### Work order
From the records below, find each line with the string "placing" and copy it.

### The data
++++

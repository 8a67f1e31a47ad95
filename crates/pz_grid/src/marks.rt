//! The marks of a level: the objects that each row, each column and the whole may have.

ghost use Rattle.std.specs.Prelude.{◌≡◌, ℕ, ◌<◌, ◌&&◌, All, IfErr, IfOk, OnOk, OnErr, true, length, nat_eq, []};
ghost use Rattle.std.specs.List.{list_any};
ghost use Rattle.pz_sets.specs.Sets.{member};
ghost use Rattle.pz_sets.specs.declared.set.TheConstants.{CAPACITY};
ghost use Rattle.pz_sheet.specs.Grid.{IsOnMap, IsLawful};
ghost use Rattle.pz_sheet.specs.Presence.{in_row, in_column};
ghost use Rattle.pz_game.specs.Items.{names, names_object};
ghost use Rattle.pz_game.specs.Level.{is_playable, entry_at};
ghost use Rattle.pz_bare.specs.Loading.{level_of_entry};
ghost use Rattle.pz_grid.specs.Marks.{is_marked, IsExact, IsMore};
ghost use Rattle.pz_grid.specs.declared.placing.GridFault.TheVariants.{Memory};

use crate::Level;
use crate::placing::GridFault;
use pz_bare::BareLevel;
use pz_game::game::Game;
use pz_game::masks::names;
use pz_game::pattern::{Item, Pattern};
use pz_sets::set::NumberSet;
use pz_sheet::line::Axis;
use std::alloc::{AllocError, Global};

impl Level {
    /// Loads the entry of LEVELS of this number, which must be a level. Entries are numbered from 0. Err: memory was refused.
    pub fn load(alloc: Global, game: &Game, index: usize) -> Result<Level, GridFault>
        requires { is_playable (entry_at game.now index) ≡ true }
        ensures loaded { IfOk result (λ level. level.grid ≡ level_of_entry game.now index) }
        ensures lawful { IfOk result (λ level. IsLawful level.grid) }
        ensures exact { IfOk result IsExact }
        ensures memory { IfErr result (λ fault. fault ≡ Memory) }
    {
        let bare = BareLevel::load(alloc, game, index)?;
        let level = Level::marked(alloc, bare)?;
        Ok(level)
    }

    /// A copy of the level. The marks of the copy are exactly what stands in each line. Err: memory was refused.
    pub fn copy(&self) -> Result<Level, GridFault>
        ensures copied { IfOk result (λ level. level.grid ≡ self.now.grid) }
        ensures lawful { IfOk result (λ level. IsLawful level.grid) }
        ensures exact { IfOk result IsExact }
        ensures memory { IfErr result (λ fault. fault ≡ Memory) }
    {
        let level = self.copied()?;
        Ok(level)
    }

    /// Like `copy`, for callers whose only fault is want of memory.
    pub fn copied(&self) -> Result<Level, AllocError>
        ensures copied { IfOk result (λ level. level.grid ≡ self.now.grid) }
        ensures lawful { IfOk result (λ level. IsLawful level.grid) }
        ensures exact { IfOk result IsExact }
    {
        Level::marked(*self.row_marks.allocator(), self.bare.copy()?)
    }

    /// Makes this level equal to another, and its marks exactly what stands in each line. It reuses its memory if both have one size. Err:
    /// memory was refused, and the cells are unchanged.
    pub fn copy_from(&mut self, other: &Level) -> Result<(), AllocError>
        ensures copied { OnOk result (self.new.grid ≡ other.now.grid) }
        ensures exact { OnOk result (IsExact self.new) }
        ensures kept { OnErr result (self.new.grid ≡ self.old.grid) }
    {
        if !self.bare.same_size(&other.bare) {
            *self = other.copied()?;
            return Ok(());
        }
        self.bare.copy_from(&other.bare)?;
        self.level_marks = mark_lines(&self.bare, &mut self.row_marks, &mut self.column_marks);
        Ok(())
    }

    /// Adds marks to a level: exactly what stands in each line. Err: memory was refused.
    pub fn marked(alloc: Global, bare: BareLevel) -> Result<Level, AllocError>
        ensures grid { IfOk result (λ level. level.grid ≡ bare.grid) }
        ensures lawful { IfOk result (λ level. IsLawful level.grid) }
        ensures exact { IfOk result IsExact }
    {
        let mut row_marks = vec![in alloc; NumberSet::empty(); bare.height() as usize]?;
        let mut column_marks = vec![in alloc; NumberSet::empty(); bare.width() as usize]?;
        let level_marks = mark_lines(&bare, &mut row_marks, &mut column_marks);
        Ok(Level {
            bare,
            row_marks,
            column_marks,
            level_marks,
        })
    }

    /// Marks an object in the row and the column of a position.
    pub(crate) fn mark(&mut self, x: u32, y: u32, object: usize)
        requires on_map { IsOnMap self.old.grid x y }
        requires low { object < CAPACITY }
        ensures grid { self.new.grid ≡ self.old.grid }
        ensures rows { IsMore self.old.row_marks self.new.row_marks y (nat_eq object) }
        ensures columns { IsMore self.old.column_marks self.new.column_marks x (nat_eq object) }
    {
        mark_in(&mut self.row_marks, y, object);
        mark_in(&mut self.column_marks, x, object);
        self.level_marks.insert(object);
    }

    /// Marks an item's object in the row and the column of a position, if the item names it as present.
    fn mark_item(&mut self, x: u32, y: u32, item: Item)
        requires on_map { IsOnMap self.old.grid x y }
        requires low { item.object < CAPACITY }
        ensures grid { self.new.grid ≡ self.old.grid }
        ensures rows { IsMore self.old.row_marks self.new.row_marks y
            (λ object. names item.word && nat_eq item.object object) }
        ensures columns { IsMore self.old.column_marks self.new.column_marks x
            (λ object. names item.word && nat_eq item.object object) }
    {
        if names(item.word) {
            self.mark(x, y, item.object);
        }
    }

    /// Marks each object that a right cell of a rule places in the row and the column of a position.
    pub(crate) fn mark_placed(&mut self, x: u32, y: u32, right: &Pattern)
        requires on_map { IsOnMap self.old.grid x y }
        requires low { All (λ item. item.object < CAPACITY) right.now }
        ensures grid { self.new.grid ≡ self.old.grid }
        ensures rows { IsMore self.old.row_marks self.new.row_marks y (λ object. names_object object right.now) }
        ensures columns { IsMore self.old.column_marks self.new.column_marks x
            (λ object. names_object object right.now) }
    {
        for item in right.items() {
            self.mark_item(x, y, *item);
        }
    }
}

/// Adds an object to the marks of a line.
fn mark_in(marks: &mut Vec<NumberSet>, line: u32, object: usize)
    requires line_in { line < length marks.old.items }
    requires low { object < CAPACITY }
    ensures count { length marks.new.items ≡ length marks.old.items }
    ensures more { IsMore marks.old.items marks.new.items line (nat_eq object) }
{
    marks[line as usize].insert(object);
}

/// Sets the marks of each row and of each column to the objects that stand there, and gives those of the whole level.
pub(crate) fn mark_lines(
    bare: &BareLevel,
    row_marks: &mut Vec<NumberSet>,
    column_marks: &mut Vec<NumberSet>,
) -> NumberSet
    requires row_count { length row_marks.old.items ≡ bare.now.grid.height }
    requires column_count { length column_marks.old.items ≡ bare.now.grid.width }
    ensures row_count { length row_marks.new.items ≡ bare.now.grid.height }
    ensures column_count { length column_marks.new.items ≡ bare.now.grid.width }
    ensures rows { (line object : ℕ) → line < bare.now.grid.height →
        is_marked row_marks.new.items line object ≡ in_row bare.now.grid line object }
    ensures columns { (line object : ℕ) → line < bare.now.grid.width →
        is_marked column_marks.new.items line object ≡ in_column bare.now.grid line object }
    ensures all { (object : ℕ) → member result object ≡ list_any (λ row. member row object) row_marks.new.items }
{
    bare.mark_lines(Axis::Horizontal, row_marks.as_mut_slice());
    bare.mark_lines(Axis::Vertical, column_marks.as_mut_slice());
    all_of(row_marks)
}

/// The objects of these sets together.
fn all_of(marks: &[NumberSet]) -> NumberSet
    ensures { (object : ℕ) → member result object ≡ list_any (λ set. member set object) marks.now }
{
    let mut set = NumberSet::empty();
    for line in marks {
        set = set.union(line);
    }
    set
}
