/// Adds a document with this number and body for each of these names that begins with one of the prefixes.
fn add_named<W: Watch>(
    names: &BTreeSet<Name>,
    number: u32,
    held: &Analysed,
    prefixes: &Prefixes,
    shared: &mut Vec<SharedDocument>,
    pace: &mut Pace,
    watch: &mut W,
) -> Result<(), Unanswered>
    ensures documents { OnOk result (documents_shared shared.new.items
        ≡ documents_shared shared.old.items ++ filter (is_under_any prefixes.now) (map (λ name. document number name held.now) names.now.keys)) }
    ensures called_off { IfErr result (IsCalledOffOnlyIf (W.has_said_no watch.new)) }
{
    for name in names.iter() {
        pace.look(watch)?;
        add_one(name, number, held, prefixes, shared)?;
    }
    Ok(())
}

/// Adds a document with this name, number and body, if the name begins with one of the prefixes.
fn add_one(
    name: &Name,
    number: u32,
    held: &Analysed,
    prefixes: &Prefixes,
    shared: &mut Vec<SharedDocument>,
) -> Result<(), AllocError>
    ensures { OnOk result (documents_shared shared.new.items
        ≡ documents_shared shared.old.items ++ filter (is_under_any prefixes.now) (document number name.now held.now ∷ [])) }
{
    if !prefixes.have(name.as_bytes()) {
        return Ok(());
    }
    push_document(name, number, held, shared)
}

/// Adds a document with this name, number and body.
fn push_document(
    name: &Name,
    number: u32,
    held: &Analysed,
    shared: &mut Vec<SharedDocument>,
) -> Result<(), AllocError>
    ensures { OnOk result (documents_shared shared.new.items ≡ documents_shared shared.old.items ++ document number name.now held.now ∷ []) }
{
    shared.push(SharedDocument {
        number,
        name: name.share()?,
        held: held.held()?,
    })?;
    Ok(())
}

/// The first name of the same length that is behind all names that begin with this one, if there is such a name and memory
/// for it. No contract depends on it.
fn end_of_names(alloc: Global, name: &Name) -> Option<Name> {
    let mut bytes = Vec::from_slice(alloc, name.as_bytes()).ok()?;
    let next = match bytes.pop()? {
        126 => 128,
        last => last.checked_add(1)?,
    };
    bytes.push(next).ok()?;
    Name::within(alloc, bytes.as_slice(), MAX_NAME).ok()
}
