// Sums over the bits of words in lent slices. These are helpers for the entries here and in the crates above: each requires that
// its slices are as long as it says.
ghost use Rattle.std.specs.Prelude.{◌≡◌, ◌+◌, ◌*◌, ◌/◌, ◌%◌, ◌^◌, ◌≤◌, ◌<◌, length};
ghost use Rattle.theory_laws.specs.Table.{tab, at};
ghost use Rattle.theory_field.specs.Words.{words};
ghost use Rattle.field_gf128.specs.Word.{word};
ghost use Rattle.theory_multilinear.specs.Partials.{partial, fold_partials};
ghost use Rattle.field_pack.specs.Phi.{coefficients};
ghost use Rattle.ring_partials.specs.helpers.Buckets.{gathered, Gathered};

use field_gf128::Word;
use field_pack::bits::{nibble, select};
use field_pack::sums::sum_of;

// Adds e to a bucket for each nibble of a half, the lowest nibble in row `from`.
fn gather_half(buckets: &mut [u64; 1024], from: usize, half: u64, e: Word)
    requires { from ≤ 16 }
    ensures { Gathered (half * 2 ^ (4 * from)) (word e) (words buckets.old) (words buckets.new) }
{
    for i in 0..16 {
        let k = (from + i) * 16 + nibble(half, i);
        let sum = field_gf128::add(field_words::get(buckets, k), e);
        field_words::put(buckets, k, sum);
    }
}

// Adds e to a bucket for each nibble of w.
fn gather(buckets: &mut [u64; 1024], w: Word, e: Word)
    ensures { Gathered (word w) (word e) (words buckets.old) (words buckets.new) }
{
    gather_half(buckets, 0, w.lo, e);
    gather_half(buckets, 16, w.hi, e);
}

// What the buckets hold for bit b.
fn bucket_sum(buckets: &[u64; 1024], b: usize) -> Word
    requires { b < 128 }
    ensures { word result ≡ gathered (words buckets.now) b }
{
    sum_of(16, |x| {
        let e = field_words::get(buckets, b / 4 * 16 + x);
        select((x as u64 >> (b % 4)) & 1, e)
    })
}

// The 128 partial sums over words and as many entries, by buckets: an entry is added once for each nibble of its word, and not
// once for each bit.
pub fn partials(ws: &[u64], es: &[u64], out: &mut [u64])
    requires { (length es.now ≡ length ws.now) × (length out.old ≡ 256) }
    ensures { words out.new ≡ tab 128 (partial (length ws.now / 2) (at (words ws.now)) (at (words es.now))) }
{
    let mut buckets = [0u64; 1024];
    for v in 0..ws.len() / 2 {
        gather(
            &mut buckets,
            field_words::get(ws, v),
            field_words::get(es, v),
        );
    }
    for b in 0..128 {
        field_words::put(out, b, bucket_sum(&buckets, b));
    }
}

// The fold of 128 words: the sum over j of x^j times phi of s_j, from the highest j down. These are many words under one set of coefficients, so
// tables of phi are filled for them.
pub fn fold(s: &[u64], rb: [Word; 128]) -> Word
    requires { length s.now ≡ 256 }
    ensures { word result ≡ fold_partials (at (words s.now)) (coefficients rb) }
{
    let t = field_pack::phi_tab(rb);
    let mut acc = Word { lo: 0, hi: 0 };
    for j in (0..128).rev() {
        acc = field_gf128::add(
            field_gf128::double(acc),
            field_pack::phi_tab_apply(&t, field_words::get(s, j)),
        );
    }
    acc
}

++++

### Worked solution
ghost use Rattle.pz_grid.specs.declared.placing.GridFault.TheVariants.{Memory};
use crate::placing::GridFault;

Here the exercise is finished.